-- Stored data --
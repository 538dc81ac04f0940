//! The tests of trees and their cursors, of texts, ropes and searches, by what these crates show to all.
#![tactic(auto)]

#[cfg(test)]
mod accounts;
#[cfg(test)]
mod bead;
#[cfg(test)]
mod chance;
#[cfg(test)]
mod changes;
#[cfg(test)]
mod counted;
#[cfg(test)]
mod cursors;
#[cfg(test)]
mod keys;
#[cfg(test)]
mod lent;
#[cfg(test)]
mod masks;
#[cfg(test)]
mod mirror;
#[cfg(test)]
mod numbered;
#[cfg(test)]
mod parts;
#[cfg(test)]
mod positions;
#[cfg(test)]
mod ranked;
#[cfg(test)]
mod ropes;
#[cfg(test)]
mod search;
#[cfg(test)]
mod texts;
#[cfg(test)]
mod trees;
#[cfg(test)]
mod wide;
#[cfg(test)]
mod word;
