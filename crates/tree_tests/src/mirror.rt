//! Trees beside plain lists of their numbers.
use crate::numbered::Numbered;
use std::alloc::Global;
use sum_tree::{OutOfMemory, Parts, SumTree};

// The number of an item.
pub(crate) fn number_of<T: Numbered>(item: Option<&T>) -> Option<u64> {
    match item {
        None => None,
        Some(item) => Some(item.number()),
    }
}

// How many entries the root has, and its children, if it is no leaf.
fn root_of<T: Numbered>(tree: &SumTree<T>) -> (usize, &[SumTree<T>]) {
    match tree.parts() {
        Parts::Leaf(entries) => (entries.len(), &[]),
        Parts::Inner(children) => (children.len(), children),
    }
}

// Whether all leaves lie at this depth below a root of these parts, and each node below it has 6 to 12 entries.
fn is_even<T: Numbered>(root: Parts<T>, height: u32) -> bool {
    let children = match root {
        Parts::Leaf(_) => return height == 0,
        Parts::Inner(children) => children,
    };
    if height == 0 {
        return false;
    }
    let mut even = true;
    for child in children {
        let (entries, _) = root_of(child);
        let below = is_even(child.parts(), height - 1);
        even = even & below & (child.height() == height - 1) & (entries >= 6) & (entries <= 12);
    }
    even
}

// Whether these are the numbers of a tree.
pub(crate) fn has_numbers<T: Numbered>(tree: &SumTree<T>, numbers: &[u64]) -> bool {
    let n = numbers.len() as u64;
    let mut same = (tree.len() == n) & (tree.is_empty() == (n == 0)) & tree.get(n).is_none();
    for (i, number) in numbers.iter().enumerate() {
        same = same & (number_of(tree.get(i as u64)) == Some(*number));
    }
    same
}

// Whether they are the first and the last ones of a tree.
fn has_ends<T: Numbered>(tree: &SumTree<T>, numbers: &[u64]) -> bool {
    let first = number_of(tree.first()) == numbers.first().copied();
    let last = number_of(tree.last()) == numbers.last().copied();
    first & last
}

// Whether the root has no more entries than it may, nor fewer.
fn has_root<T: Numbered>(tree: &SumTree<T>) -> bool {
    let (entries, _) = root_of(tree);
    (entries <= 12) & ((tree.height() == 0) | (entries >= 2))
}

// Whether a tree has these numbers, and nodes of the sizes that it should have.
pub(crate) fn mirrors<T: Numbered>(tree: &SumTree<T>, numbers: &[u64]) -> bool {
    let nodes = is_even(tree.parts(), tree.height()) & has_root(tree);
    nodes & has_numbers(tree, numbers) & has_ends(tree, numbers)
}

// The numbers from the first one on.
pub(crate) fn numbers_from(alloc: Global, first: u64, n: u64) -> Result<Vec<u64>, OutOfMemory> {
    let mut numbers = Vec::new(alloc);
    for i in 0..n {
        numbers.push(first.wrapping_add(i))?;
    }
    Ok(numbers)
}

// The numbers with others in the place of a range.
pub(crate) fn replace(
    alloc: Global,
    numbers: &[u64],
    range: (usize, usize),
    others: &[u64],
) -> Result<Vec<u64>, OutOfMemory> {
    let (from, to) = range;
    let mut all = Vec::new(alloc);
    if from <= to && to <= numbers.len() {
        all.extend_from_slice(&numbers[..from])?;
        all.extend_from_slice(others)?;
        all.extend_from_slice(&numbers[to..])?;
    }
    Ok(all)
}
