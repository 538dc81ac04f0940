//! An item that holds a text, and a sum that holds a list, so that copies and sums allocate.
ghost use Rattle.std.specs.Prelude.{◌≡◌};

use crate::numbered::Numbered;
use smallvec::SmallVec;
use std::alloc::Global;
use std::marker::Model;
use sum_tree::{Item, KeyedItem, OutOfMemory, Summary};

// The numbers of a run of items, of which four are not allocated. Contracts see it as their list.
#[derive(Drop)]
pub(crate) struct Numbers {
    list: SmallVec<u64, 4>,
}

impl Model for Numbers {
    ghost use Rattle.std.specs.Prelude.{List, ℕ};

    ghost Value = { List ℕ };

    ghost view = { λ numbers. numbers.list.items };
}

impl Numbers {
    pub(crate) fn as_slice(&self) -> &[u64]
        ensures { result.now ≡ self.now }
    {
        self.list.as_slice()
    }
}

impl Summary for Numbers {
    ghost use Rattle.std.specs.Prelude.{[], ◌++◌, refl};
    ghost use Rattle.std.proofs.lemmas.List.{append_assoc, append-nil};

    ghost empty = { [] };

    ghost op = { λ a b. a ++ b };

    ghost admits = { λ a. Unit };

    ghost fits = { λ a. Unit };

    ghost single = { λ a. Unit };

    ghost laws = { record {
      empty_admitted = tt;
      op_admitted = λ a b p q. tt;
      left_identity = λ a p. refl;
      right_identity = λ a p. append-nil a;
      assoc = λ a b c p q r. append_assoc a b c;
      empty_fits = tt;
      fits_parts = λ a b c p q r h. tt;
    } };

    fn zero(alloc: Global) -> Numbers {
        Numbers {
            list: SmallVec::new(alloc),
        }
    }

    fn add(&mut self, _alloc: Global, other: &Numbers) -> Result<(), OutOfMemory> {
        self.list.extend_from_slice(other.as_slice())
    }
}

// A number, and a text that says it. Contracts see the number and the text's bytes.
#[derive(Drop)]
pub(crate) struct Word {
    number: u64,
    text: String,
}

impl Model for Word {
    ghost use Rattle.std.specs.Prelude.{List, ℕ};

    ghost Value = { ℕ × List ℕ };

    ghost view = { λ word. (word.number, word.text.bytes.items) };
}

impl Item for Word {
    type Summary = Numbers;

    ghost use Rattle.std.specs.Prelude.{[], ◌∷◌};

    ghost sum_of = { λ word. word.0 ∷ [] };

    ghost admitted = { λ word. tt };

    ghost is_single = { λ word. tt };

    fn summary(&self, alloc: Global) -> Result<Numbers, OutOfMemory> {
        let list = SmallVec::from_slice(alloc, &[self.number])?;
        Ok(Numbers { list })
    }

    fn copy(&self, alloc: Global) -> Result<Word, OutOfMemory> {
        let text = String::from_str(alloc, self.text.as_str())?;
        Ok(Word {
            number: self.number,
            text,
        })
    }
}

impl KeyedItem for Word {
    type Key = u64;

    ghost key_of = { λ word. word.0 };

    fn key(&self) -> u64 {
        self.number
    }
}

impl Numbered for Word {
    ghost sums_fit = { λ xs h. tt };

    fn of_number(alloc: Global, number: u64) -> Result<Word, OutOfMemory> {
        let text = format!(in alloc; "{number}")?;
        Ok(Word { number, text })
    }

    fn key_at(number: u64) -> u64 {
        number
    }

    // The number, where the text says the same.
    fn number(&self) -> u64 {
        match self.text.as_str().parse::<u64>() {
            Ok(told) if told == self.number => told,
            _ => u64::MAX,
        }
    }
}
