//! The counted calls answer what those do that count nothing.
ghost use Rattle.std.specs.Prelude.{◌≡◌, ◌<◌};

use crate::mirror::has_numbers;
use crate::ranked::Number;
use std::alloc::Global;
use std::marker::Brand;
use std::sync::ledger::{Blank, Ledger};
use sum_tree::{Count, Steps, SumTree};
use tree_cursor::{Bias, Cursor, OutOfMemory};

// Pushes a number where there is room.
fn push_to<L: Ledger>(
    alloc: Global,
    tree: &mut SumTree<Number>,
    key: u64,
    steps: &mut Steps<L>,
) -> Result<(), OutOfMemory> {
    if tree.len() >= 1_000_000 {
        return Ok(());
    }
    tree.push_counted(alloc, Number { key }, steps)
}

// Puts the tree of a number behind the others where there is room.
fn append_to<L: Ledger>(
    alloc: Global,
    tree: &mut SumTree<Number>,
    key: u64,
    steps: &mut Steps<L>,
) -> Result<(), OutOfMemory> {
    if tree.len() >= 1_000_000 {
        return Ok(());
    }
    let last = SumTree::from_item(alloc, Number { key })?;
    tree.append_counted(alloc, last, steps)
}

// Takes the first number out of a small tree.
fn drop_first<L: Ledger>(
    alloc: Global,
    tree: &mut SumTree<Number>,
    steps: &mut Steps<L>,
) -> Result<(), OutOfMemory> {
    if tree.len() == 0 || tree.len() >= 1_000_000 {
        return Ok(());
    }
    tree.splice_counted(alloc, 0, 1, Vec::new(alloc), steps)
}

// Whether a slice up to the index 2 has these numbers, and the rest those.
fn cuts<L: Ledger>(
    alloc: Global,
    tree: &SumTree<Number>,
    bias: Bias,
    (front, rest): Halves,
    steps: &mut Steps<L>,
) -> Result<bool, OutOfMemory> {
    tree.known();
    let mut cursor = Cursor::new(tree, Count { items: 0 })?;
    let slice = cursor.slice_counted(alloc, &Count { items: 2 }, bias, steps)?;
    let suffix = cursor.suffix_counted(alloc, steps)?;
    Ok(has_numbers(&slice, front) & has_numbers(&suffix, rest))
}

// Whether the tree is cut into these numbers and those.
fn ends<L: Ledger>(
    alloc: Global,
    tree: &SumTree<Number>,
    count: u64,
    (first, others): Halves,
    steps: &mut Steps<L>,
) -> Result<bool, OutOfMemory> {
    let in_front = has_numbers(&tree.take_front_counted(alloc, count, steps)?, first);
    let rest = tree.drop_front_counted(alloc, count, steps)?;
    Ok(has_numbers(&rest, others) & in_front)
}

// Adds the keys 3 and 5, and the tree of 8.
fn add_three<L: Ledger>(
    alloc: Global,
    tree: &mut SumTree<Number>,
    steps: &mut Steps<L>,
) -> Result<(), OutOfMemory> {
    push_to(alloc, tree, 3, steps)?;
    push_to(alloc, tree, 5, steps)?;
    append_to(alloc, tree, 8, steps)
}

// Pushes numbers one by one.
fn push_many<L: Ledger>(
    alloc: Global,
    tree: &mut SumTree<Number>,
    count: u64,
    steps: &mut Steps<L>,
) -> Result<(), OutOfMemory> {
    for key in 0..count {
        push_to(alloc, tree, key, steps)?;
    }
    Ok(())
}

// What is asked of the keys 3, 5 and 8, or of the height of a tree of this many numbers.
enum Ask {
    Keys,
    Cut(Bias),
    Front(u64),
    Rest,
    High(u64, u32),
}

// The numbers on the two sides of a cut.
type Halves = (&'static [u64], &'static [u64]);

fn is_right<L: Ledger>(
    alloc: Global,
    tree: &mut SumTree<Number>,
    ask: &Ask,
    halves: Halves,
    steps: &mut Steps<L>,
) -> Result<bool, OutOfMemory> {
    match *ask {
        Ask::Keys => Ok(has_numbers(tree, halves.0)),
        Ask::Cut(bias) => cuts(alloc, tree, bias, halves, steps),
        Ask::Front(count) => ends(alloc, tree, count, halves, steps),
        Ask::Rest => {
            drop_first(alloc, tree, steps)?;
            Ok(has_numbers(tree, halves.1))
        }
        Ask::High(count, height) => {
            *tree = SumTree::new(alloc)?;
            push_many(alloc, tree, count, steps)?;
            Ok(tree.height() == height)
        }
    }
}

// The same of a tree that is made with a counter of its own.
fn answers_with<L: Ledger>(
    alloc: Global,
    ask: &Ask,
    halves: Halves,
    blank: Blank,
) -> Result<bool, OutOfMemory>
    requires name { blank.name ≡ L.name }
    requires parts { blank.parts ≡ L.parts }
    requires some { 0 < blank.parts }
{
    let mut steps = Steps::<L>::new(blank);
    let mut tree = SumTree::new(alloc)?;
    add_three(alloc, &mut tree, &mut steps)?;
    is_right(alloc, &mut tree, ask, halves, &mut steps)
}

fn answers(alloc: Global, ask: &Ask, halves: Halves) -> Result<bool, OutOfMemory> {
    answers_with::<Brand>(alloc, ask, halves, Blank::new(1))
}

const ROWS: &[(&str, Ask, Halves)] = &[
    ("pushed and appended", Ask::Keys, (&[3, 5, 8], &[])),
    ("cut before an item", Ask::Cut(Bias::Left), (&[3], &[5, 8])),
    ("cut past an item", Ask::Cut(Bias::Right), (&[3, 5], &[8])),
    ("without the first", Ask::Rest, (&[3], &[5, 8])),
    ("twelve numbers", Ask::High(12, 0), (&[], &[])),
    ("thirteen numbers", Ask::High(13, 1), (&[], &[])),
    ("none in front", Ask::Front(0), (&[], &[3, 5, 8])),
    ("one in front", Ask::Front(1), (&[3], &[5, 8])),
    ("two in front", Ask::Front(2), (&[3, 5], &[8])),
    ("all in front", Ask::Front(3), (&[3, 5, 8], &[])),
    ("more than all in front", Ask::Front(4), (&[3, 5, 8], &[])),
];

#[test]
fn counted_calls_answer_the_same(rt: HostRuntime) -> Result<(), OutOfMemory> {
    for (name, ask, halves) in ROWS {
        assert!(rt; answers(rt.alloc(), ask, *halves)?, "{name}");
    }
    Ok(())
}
--
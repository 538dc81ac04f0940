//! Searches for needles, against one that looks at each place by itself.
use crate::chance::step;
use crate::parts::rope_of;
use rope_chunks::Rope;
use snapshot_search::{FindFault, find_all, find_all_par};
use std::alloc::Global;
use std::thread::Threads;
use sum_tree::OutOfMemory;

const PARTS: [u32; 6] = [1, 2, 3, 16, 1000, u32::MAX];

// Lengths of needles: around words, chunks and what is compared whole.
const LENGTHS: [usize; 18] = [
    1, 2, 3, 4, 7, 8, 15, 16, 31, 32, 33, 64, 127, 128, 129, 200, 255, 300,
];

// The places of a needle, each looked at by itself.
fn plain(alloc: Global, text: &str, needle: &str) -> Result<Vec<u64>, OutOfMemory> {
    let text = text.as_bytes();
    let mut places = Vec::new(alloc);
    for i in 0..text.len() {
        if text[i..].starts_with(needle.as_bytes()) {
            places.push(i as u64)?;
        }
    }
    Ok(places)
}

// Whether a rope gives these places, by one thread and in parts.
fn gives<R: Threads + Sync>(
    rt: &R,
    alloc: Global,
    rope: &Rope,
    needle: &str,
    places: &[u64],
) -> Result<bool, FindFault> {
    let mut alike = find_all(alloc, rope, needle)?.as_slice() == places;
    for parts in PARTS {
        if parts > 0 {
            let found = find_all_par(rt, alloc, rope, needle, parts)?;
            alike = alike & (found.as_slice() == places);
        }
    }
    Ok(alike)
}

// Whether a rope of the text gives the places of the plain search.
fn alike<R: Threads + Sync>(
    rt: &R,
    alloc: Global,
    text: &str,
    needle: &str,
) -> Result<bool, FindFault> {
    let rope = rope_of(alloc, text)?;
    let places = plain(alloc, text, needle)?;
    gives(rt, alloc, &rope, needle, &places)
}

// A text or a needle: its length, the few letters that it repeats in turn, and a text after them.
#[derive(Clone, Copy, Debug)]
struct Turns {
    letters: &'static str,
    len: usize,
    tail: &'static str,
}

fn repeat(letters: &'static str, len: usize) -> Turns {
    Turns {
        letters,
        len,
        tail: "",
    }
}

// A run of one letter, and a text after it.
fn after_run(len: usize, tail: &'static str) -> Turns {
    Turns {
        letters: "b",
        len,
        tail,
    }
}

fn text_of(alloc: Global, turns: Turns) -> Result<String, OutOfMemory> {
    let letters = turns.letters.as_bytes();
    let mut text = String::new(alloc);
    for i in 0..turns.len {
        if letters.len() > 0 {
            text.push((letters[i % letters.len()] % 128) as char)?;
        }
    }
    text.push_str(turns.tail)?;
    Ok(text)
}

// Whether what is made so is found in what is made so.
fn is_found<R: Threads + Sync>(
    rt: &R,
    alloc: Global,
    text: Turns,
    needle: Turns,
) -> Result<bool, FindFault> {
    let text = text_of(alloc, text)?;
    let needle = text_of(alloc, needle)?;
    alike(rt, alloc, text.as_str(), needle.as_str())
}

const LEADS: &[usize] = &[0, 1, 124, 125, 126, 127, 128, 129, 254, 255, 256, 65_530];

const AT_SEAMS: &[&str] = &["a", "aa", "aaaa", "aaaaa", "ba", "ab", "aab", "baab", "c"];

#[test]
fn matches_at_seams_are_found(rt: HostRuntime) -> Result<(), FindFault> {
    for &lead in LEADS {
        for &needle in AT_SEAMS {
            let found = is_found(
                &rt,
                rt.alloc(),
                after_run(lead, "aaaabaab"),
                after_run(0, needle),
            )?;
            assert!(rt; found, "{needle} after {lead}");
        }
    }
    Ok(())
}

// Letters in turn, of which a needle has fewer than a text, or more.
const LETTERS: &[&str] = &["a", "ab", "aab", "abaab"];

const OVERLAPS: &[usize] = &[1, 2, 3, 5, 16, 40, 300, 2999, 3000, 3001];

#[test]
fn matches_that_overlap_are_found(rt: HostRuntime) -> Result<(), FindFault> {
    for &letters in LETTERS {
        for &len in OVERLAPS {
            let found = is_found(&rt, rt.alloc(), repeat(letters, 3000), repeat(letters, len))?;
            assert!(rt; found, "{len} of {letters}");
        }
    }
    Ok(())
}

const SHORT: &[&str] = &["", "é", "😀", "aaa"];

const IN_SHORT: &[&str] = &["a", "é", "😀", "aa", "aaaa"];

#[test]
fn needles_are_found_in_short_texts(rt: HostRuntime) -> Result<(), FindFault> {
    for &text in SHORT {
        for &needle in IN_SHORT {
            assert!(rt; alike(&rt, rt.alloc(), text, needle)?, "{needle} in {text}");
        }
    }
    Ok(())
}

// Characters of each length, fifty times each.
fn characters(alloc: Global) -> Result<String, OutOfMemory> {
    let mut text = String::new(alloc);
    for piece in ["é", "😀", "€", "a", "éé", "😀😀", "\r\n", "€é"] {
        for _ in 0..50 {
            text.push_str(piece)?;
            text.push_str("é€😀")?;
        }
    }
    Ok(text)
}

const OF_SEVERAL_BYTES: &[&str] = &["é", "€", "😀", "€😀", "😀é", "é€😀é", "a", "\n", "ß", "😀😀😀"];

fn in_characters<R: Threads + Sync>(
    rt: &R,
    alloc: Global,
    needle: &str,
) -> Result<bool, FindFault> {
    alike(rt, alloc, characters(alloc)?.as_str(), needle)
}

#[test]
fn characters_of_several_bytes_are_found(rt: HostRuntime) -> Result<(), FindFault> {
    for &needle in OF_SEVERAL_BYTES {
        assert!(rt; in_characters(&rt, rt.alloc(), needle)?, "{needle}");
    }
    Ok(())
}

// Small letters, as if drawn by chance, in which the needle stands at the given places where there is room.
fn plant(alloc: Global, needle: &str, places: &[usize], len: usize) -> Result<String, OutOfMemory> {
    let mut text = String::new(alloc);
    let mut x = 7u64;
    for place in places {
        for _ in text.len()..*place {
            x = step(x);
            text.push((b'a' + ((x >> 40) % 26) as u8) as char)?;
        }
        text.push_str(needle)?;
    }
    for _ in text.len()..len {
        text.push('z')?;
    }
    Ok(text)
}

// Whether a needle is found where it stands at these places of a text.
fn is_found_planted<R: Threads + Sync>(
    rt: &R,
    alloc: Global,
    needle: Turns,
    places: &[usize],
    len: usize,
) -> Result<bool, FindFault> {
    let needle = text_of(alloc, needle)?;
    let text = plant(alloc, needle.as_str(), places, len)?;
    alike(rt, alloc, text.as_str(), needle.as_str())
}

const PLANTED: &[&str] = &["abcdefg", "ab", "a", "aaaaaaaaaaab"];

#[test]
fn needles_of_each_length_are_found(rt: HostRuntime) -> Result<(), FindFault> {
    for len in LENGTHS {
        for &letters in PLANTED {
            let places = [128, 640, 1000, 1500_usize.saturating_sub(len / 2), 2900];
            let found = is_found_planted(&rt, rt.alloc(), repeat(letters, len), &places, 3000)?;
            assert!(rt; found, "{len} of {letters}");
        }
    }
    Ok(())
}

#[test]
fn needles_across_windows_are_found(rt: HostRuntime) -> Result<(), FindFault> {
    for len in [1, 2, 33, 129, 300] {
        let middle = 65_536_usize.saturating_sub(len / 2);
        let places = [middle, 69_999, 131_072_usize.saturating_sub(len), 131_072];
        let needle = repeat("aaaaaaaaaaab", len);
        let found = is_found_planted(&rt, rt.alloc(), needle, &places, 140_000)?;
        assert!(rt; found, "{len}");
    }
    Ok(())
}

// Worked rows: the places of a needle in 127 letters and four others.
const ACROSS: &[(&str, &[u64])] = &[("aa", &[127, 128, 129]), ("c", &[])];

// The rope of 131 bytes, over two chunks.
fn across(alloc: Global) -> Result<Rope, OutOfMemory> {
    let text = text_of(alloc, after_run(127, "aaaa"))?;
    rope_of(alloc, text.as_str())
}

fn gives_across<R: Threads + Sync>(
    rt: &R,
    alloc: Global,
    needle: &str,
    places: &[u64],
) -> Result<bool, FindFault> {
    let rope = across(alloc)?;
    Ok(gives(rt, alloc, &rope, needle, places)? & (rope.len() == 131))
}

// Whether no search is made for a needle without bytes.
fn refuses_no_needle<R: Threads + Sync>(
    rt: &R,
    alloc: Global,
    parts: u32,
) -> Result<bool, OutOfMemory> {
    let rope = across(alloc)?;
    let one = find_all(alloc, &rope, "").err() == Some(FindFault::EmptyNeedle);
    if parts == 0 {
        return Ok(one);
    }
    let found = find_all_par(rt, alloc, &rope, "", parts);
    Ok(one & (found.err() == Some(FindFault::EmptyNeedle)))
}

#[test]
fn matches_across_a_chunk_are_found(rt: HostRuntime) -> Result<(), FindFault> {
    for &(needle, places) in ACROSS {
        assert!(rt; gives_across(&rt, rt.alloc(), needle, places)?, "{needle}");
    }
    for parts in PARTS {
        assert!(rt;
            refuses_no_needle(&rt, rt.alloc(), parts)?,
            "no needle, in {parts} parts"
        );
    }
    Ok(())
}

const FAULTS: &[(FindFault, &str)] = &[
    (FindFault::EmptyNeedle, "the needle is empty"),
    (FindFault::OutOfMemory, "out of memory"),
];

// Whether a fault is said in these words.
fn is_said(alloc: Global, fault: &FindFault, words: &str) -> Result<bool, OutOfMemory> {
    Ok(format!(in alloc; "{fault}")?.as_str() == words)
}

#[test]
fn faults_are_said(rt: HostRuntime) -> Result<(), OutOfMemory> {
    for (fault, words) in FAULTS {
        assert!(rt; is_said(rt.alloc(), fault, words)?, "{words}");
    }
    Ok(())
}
==
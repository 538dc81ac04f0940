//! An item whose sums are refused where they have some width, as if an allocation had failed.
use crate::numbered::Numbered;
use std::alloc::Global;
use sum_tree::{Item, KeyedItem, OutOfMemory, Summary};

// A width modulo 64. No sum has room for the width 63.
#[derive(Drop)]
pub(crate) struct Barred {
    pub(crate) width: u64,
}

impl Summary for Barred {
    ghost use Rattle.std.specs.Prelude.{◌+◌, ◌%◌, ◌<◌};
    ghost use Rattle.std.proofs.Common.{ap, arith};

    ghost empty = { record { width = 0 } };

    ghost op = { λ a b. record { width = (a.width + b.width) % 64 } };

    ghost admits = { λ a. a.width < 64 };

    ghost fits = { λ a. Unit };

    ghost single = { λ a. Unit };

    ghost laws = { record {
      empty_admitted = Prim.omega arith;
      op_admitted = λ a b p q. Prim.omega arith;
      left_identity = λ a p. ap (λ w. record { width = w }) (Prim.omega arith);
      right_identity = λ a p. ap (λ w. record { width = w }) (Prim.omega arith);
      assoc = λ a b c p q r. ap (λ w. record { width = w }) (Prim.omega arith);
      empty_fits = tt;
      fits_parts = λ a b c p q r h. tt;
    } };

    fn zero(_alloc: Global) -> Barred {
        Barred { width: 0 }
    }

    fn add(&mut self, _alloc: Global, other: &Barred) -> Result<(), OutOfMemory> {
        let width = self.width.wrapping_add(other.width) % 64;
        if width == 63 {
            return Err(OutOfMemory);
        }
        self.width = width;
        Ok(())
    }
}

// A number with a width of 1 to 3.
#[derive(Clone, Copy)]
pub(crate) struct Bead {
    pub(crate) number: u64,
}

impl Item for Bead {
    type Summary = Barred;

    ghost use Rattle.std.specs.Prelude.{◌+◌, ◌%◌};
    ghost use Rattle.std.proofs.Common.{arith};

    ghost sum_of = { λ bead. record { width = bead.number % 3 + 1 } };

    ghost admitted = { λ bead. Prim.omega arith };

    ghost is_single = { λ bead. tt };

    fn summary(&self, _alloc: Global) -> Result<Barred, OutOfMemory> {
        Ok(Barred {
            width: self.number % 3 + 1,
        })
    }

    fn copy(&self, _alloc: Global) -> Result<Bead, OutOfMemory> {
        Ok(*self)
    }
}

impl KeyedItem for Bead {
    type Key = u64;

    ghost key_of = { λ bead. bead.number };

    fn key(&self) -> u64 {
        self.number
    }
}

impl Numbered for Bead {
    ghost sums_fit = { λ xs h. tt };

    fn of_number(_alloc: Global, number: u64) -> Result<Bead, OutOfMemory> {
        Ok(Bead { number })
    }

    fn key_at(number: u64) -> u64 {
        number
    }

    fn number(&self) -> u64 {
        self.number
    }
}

-- Directions --
A single number is the expected answer: how many lines of the records above contain the word "return".

-- Reply --
7